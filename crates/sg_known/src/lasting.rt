// What goes on to hold through effects.
ghost use Rattle.std.specs.Prelude.{◌≡◌, ◌==◌, map};
ghost use Rattle.std.specs.List.{list_all, list_any};
ghost use Rattle.sg_described.specs.Described.{rule_of};
ghost use Rattle.sg_described.specs.Waiting.{is_left, never_falls, never_lowers, never_raises, never_rises, stands_on, stays_out, term_is_left, test_is_left, test_lasts};
ghost use Rattle.sg_known.specs.Seen.{pairs_of};

use crate::known::waits;
use sg_described::{Effect, Operand, Relation, RuleShape, Term, Test};
use sg_walk::effect_on;

// Whether an effect is on a field.
fn touches(effects: &[(u8, Effect)], field: u8) -> bool
    ensures { result ≡ list_any (λ e. e.0 == field) (pairs_of effects.now) }
{
    match effects {
        [] => false,
        [(other, _), rest @ ..] => *other == field || touches(rest, field),
    }
}

// Whether effects leave an operand as it is.
fn leave(effects: &[(u8, Effect)], operand: Operand) -> bool
    ensures { result ≡ is_left (pairs_of effects.now) operand }
{
    match operand {
        Operand::Own(field) => !touches(effects, field),
        _ => true,
    }
}

// Whether effects leave a term as it is.
fn leave_term(effects: &[(u8, Effect)], term: Term) -> bool
    ensures { result ≡ term_is_left (pairs_of effects.now) term }
{
    match term {
        Term::Only(a) => leave(effects, a),
        Term::Plus(a, b) | Term::Minus(a, b) | Term::Least(a, b) | Term::Greatest(a, b) => {
            leave(effects, a) && leave(effects, b)
        }
    }
}

// Whether an effect, or none, never raises its field.
fn raises_never(effect: Option<Effect>) -> bool
    ensures { result ≡ never_raises effect }
{
    match effect {
        None | Some(Effect::Clear | Effect::SubOne | Effect::SubRet) => true,
        Some(_) => false,
    }
}

// Whether an effect, or none, never lowers its field.
fn lowers_never(effect: Option<Effect>) -> bool
    ensures { result ≡ never_lowers effect }
{
    match effect {
        None | Some(Effect::AddArg(_) | Effect::AddRet) => true,
        Some(_) => false,
    }
}

// Whether effects never raise a term.
fn never_raise(effects: &[(u8, Effect)], term: Term) -> bool
    ensures { result ≡ never_rises (pairs_of effects.now) term }
{
    leave_term(effects, term)
        || match term {
            Term::Only(Operand::Own(field)) => raises_never(effect_on(effects, field)),
            _ => false,
        }
}

// Whether effects never lower a term.
fn never_lower(effects: &[(u8, Effect)], term: Term) -> bool
    ensures { result ≡ never_falls (pairs_of effects.now) term }
{
    leave_term(effects, term)
        || match term {
            Term::Only(Operand::Own(field)) => lowers_never(effect_on(effects, field)),
            _ => false,
        }
}

// Whether two terms that stand so to each other go on to.
fn stand_on(effects: &[(u8, Effect)], relation: Relation, left: Term, right: Term) -> bool
    ensures { result ≡ stands_on relation (pairs_of effects.now) left right }
{
    match relation {
        Relation::Is | Relation::IsNot => false,
        Relation::Below => never_raise(effects, left) && never_lower(effects, right),
        Relation::Above => never_lower(effects, left) && never_raise(effects, right),
    }
}

// Whether effects leave a test as it is.
fn leave_test(effects: &[(u8, Effect)], test: &Test) -> bool
    ensures { result ≡ test_is_left (pairs_of effects.now) test.now }
{
    leave_term(effects, test.left) && leave_term(effects, test.right)
}

// Whether a test that holds goes on to.
fn lasts(effects: &[(u8, Effect)], test: &Test) -> bool
    ensures { result ≡ test_lasts (pairs_of effects.now) test.now }
{
    leave_test(effects, test) || stand_on(effects, test.relation, test.left, test.right)
}

/// Whether tests that hold go on to.
pub fn all_last(effects: &[(u8, Effect)], tests: &[Test]) -> bool
    ensures { result ≡ list_all (test_lasts (pairs_of effects.now)) tests.now }
{
    tests.iter().all(|test| lasts(effects, test))
}

// Whether effects leave tests as they are.
fn leave_tests(effects: &[(u8, Effect)], tests: &[Test]) -> bool
    ensures { result ≡ list_all (test_is_left (pairs_of effects.now)) tests.now }
{
    tests.iter().all(|test| leave_test(effects, test))
}

// Whether a rule doesn't come in between.
fn keeps_out(effects: &[(u8, Effect)], rule: &RuleShape) -> bool
    ensures { result ≡ stays_out (pairs_of effects.now) (rule_of rule.now) }
{
    waits(rule.verdict) || leave_tests(effects, rule.tests)
}

/// Whether no rule comes in between.
pub fn all_keep_out(effects: &[(u8, Effect)], rules: &[RuleShape]) -> bool
    ensures { result ≡ list_all (stays_out (pairs_of effects.now)) (map rule_of rules.now) }
{
    match rules {
        [] => true,
        [first, rest @ ..] => keeps_out(effects, first) && all_keep_out(effects, rest),
    }
}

========

▶ Goal of the exercise
Output the entries exactly. Leave nothing out.

▶ Task output
filename crates/sg_known/src/lasting.rt
// What goes on to hold through effects.
ghost use Rattle.std.specs.Prelude.{◌≡◌, ◌==◌, map};
ghost use Rattle.std.specs.List.{list_all, list_any};
ghost use Rattle.sg_described.specs.Described.{rule_of};
ghost use Rattle.sg_described.specs.Waiting.{is_left, never_falls, never_lowers, never_raises, never_rises, stands_on, stays_out, term_is_left, test_is_left, test_lasts};
ghost use Rattle.sg_known.specs.Seen.{pairs_of};

use crate::known::waits;
use sg_described::{Effect, Operand, Relation, RuleShape, Term, Test};
use sg_walk::effect_on;

// Whether an effect is on a field.
fn touches(effects: &[(u8, Effect)], field: u8) -> bool
    ensures { result ≡ list_any (λ e. e.0 == field) (pairs_of effects.now) }
{
    match effects {
        [] => false,
        [(other, _), rest @ ..] => *other == field || touches(rest, field),
    }
}

// Whether effects leave an operand as it is.
fn leave(effects: &[(u8, Effect)], operand: Operand) -> bool
    ensures { result ≡ is_left (pairs_of effects.now) operand }
{
    match operand {
        Operand::Own(field) => !touches(effects, field),
        _ => true,
    }
}

// Whether effects leave a term as it is.
fn leave_term(effects: &[(u8, Effect)], term: Term) -> bool
    ensures { result ≡ term_is_left (pairs_of effects.now) term }
{
    match term {
        Term::Only(a) => leave(effects, a),
        Term::Plus(a, b) | Term::Minus(a, b) | Term::Least(a, b) | Term::Greatest(a, b) => {
            leave(effects, a) && leave(effects, b)
        }
    }
}

// Whether an effect, or none, never raises its field.
fn raises_never(effect: Option<Effect>) -> bool
    ensures { result ≡ never_raises effect }
{
    match effect {
        None | Some(Effect::Clear | Effect::SubOne | Effect::SubRet) => true,
        Some(_) => false,
    }
}

// Whether an effect, or none, never lowers its field.
fn lowers_never(effect: Option<Effect>) -> bool
    ensures { result ≡ never_lowers effect }
{
    match effect {
        None | Some(Effect::AddArg(_) | Effect::AddRet) => true,
        Some(_) => false,
    }
}

// Whether effects never raise a term.
fn never_raise(effects: &[(u8, Effect)], term: Term) -> bool
    ensures { result ≡ never_rises (pairs_of effects.now) term }
{
    leave_term(effects, term)
        || match term {
            Term::Only(Operand::Own(field)) => raises_never(effect_on(effects, field)),
            _ => false,
        }
}

// Whether effects never lower a term.
fn never_lower(effects: &[(u8, Effect)], term: Term) -> bool
    ensures { result ≡ never_falls (pairs_of effects.now) term }
{
    leave_term(effects, term)
        || match term {
            Term::Only(Operand::Own(field)) => lowers_never(effect_on(effects, field)),
            _ => false,
        }
}

// Whether two terms that stand so to each other go on to.
fn stand_on(effects: &[(u8, Effect)], relation: Relation, left: Term, right: Term) -> bool
    ensures { result ≡ stands_on relation (pairs_of effects.now) left right }
{
    match relation {
        Relation::Is | Relation::IsNot => false,
        Relation::Below => never_raise(effects, left) && never_lower(effects, right),
        Relation::Above => never_lower(effects, left) && never_raise(effects, right),
    }
}

// Whether effects leave a test as it is.
fn leave_test(effects: &[(u8, Effect)], test: &Test) -> bool
    ensures { result ≡ test_is_left (pairs_of effects.now) test.now }
{
    leave_term(effects, test.left) && leave_term(effects, test.right)
}

// Whether a test that holds goes on to.
fn lasts(effects: &[(u8, Effect)], test: &Test) -> bool
    ensures { result ≡ test_lasts (pairs_of effects.now) test.now }
{
    leave_test(effects, test) || stand_on(effects, test.relation, test.left, test.right)
}

/// Whether tests that hold go on to.
pub fn all_last(effects: &[(u8, Effect)], tests: &[Test]) -> bool
    ensures { result ≡ list_all (test_lasts (pairs_of effects.now)) tests.now }
{
    tests.iter().all(|test| lasts(effects, test))
}

// Whether effects leave tests as they are.
fn leave_tests(effects: &[(u8, Effect)], tests: &[Test]) -> bool
    ensures { result ≡ list_all (test_is_left (pairs_of effects.now)) tests.now }
{
    tests.iter().all(|test| leave_test(effects, test))
}

// Whether a rule doesn't come in between.
fn keeps_out(effects: &[(u8, Effect)], rule: &RuleShape) -> bool
    ensures { result ≡ stays_out (pairs_of effects.now) (rule_of rule.now) }
{
    waits(rule.verdict) || leave_tests(effects, rule.tests)
}

/// Whether no rule comes in between.
pub fn all_keep_out(effects: &[(u8, Effect)], rules: &[RuleShape]) -> bool
    ensures { result ≡ list_all (stays_out (pairs_of effects.now)) (map rule_of rules.now) }
{
    match rules {
        [] => true,
        [first, rest @ ..] => keeps_out(effects, first) && all_keep_out(effects, rest),
    }
}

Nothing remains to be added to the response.